After the wiring is completed, a large area of grounding copper film, also known as copper coating, should be applied on the top and bottom layers where no wires are laid. The area of grounding copper film, also known as copper coating, is used to effectively reduce the impedance of the ground wire, thereby weakening the high-frequency signal in the ground wire, and at the same time, a large area of grounding can suppress electromagnetic interference. The impedance of the ground wire is small, thereby weakening the high-frequency signal in the ground wire, and the large area of grounding can suppress the electromagnetic interference. A large area of grounding can suppress the parasitic capacitance of electromagnetic interference, which is especially harmful to high-speed circuits; at the same time, one via in a circuit board with too many vias will bring about 10pF of parasitic capacitance, which is especially harmful for high-speed circuits.
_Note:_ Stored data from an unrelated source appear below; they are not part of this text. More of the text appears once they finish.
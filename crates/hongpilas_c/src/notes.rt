//! The notes of the last reply.

ghost use Rattle.std.specs.Prelude.{◌≡◌, true, false, nat_lt, length, is_some, slice_get, IfSome};
ghost use Rattle.ed_types.specs.Heard.{with_text};
ghost use Rattle.hongpilas_c.specs.Calls.{reply_of};
ghost use Rattle.hongpilas_c.specs.Told.{IsTold, note_text};
ghost use Rattle.hongpilas_c.specs.Copies.{count_copied, copied};
ghost use Rattle.hongpilas_c.specs.Starts.{start};

use crate::copies::copy_from;
use crate::handle::Handle;
use crate::held::Held;
use crate::starts::start_of;
use ed_types::Note;

/// A note, as C reads it. Fields that its code does not use are 0.
#[repr(C)]
#[derive(Drop)]
pub struct NoteInC {
    /// The id of the view that is notified.
    pub view: u32,
    /// The code of the note: Scintilla's number, such as 2008 for SCN_MODIFIED.
    pub code: u32,
    /// Scintilla's `modificationType`: bits for what changed, and by what.
    pub kind: u32,
    /// The number of a recorded message.
    pub message: u32,
    /// A position, in bytes from 0.
    pub position: i64,
    /// A length, in bytes.
    pub length: i64,
    /// Scintilla's `linesAdded`: the change of the number of lines, negative if lines were removed.
    pub lines: i64,
    /// A line, from 0; -1 for all lines.
    pub line: i64,
    /// A fold level after a change: Scintilla's `foldLevelNow`.
    pub now: i64,
    /// The fold level before it: Scintilla's `foldLevelPrev`.
    pub prev: i64,
    /// The token of a container's own undo step.
    pub token: i64,
    /// The first argument of a recorded message, as it was sent.
    pub w: i64,
    /// The second argument of a recorded message, as it was sent.
    pub l: i64,
    /// The address of the note's text. It is valid until the next message that is done. If the length is 0, it means
    /// nothing.
    pub text: *const u8,
    /// The length of the text, in bytes.
    pub text_length: usize,
}

/// Returns a note with its text, as C reads it.
fn in_c(note: &Note, text: &[u8]) -> NoteInC
    ensures told { IsTold result (with_text note.entry.now text.now) }
    ensures text { result.text ≡ start text.entry }
{
    NoteInC {
        view: note.view,
        code: note.code,
        kind: note.kind,
        message: note.message,
        position: note.position,
        length: note.length,
        lines: note.lines,
        line: note.line,
        now: note.now,
        prev: note.prev,
        token: note.token,
        w: note.w,
        l: note.l,
        text: start_of(text),
        text_length: text.len(),
    }
}

impl Held {
    /// Writes a note of the reply to `out`, if there is one with this index, and returns whether there is.
    fn tell(&self, index: usize, out: &mut NoteInC) -> bool
        ensures found { result ≡ nat_lt index (length self.now.reply.notes) }
        ensures told { result ≡ true → IfSome (slice_get self.now.reply.notes index) (IsTold out.new) }
        ensures kept { result ≡ false → out.new ≡ out.old }
    {
        if index < self.reply.note_count() {
            let (note, text) = self.reply.note(index);
            *out = in_c(note, text);
            true
        } else {
            false
        }
    }

    /// Copies the text of a note of the reply, and returns how many bytes that is: 0 if there is no such note.
    fn copy_note_text(&self, index: usize, start: usize, into: &mut [u8]) -> usize
        ensures count { result ≡ count_copied (note_text self.now.reply index) start into.old }
        ensures copied { into.new ≡ copied (note_text self.now.reply index) start into.old }
    {
        if index < self.reply.note_count() {
            let (_, text) = self.reply.note(index);
            copy_from(text, start, into)
        } else {
            copy_from(&[], start, into)
        }
    }
}

/// Writes the note of the last reply with this index, from 0, to `note`, and returns whether there is one.
#[unsafe(no_mangle)]
pub extern "C" fn hongpilas_note_unchecked(
    handle: &mut Handle,
    index: usize,
    note: &mut NoteInC,
) -> bool
    requires { is_some handle.old.held ≡ true }
    ensures found { result ≡ nat_lt index (length (reply_of handle.old.held).notes) }
    ensures told { result ≡ true → IfSome (slice_get (reply_of handle.old.held).notes index) (IsTold note.new) }
    ensures same { handle.new.held ≡ handle.old.held }
    ensures note_kept { result ≡ false → note.new ≡ note.old }
{
    let held = handle.held();
    held.tell(index, note)
}

/// Copies the text of a note of the last reply from `start` on, as many bytes as there are and as fit, and returns how
/// many that is: 0 if there is no such note.
#[unsafe(no_mangle)]
pub extern "C" fn hongpilas_copy_note_text_unchecked(
    handle: &mut Handle,
    index: usize,
    start: usize,
    into: &mut [u8],
) -> usize
    requires { is_some handle.old.held ≡ true }
    ensures count { result ≡ count_copied (note_text (reply_of handle.old.held) index) start into.old }
    ensures copied { into.new ≡ copied (note_text (reply_of handle.old.held) index) start into.old }
    ensures same { handle.new.held ≡ handle.old.held }
{
    let held = handle.held();
    held.copy_note_text(index, start, into)
}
Saying it is especially harmful also reduces the mechanical strength of the board. Therefore, when routing, the number of vias should be minimized. In addition, when using through-hole vias in routing, the number of vias should be minimized. When routing (through holes), pads are usually used instead. This is because when the circuit board is made, some penetrating vias (through holes) may not be penetrated due to processing, and the pads can definitely be penetrated during processing, which is also equivalent to giving Production brings convenience.
The above is the general principle of PCB board layout and wiring, but in actual operation, the layout and wiring of components is still a very flexible work.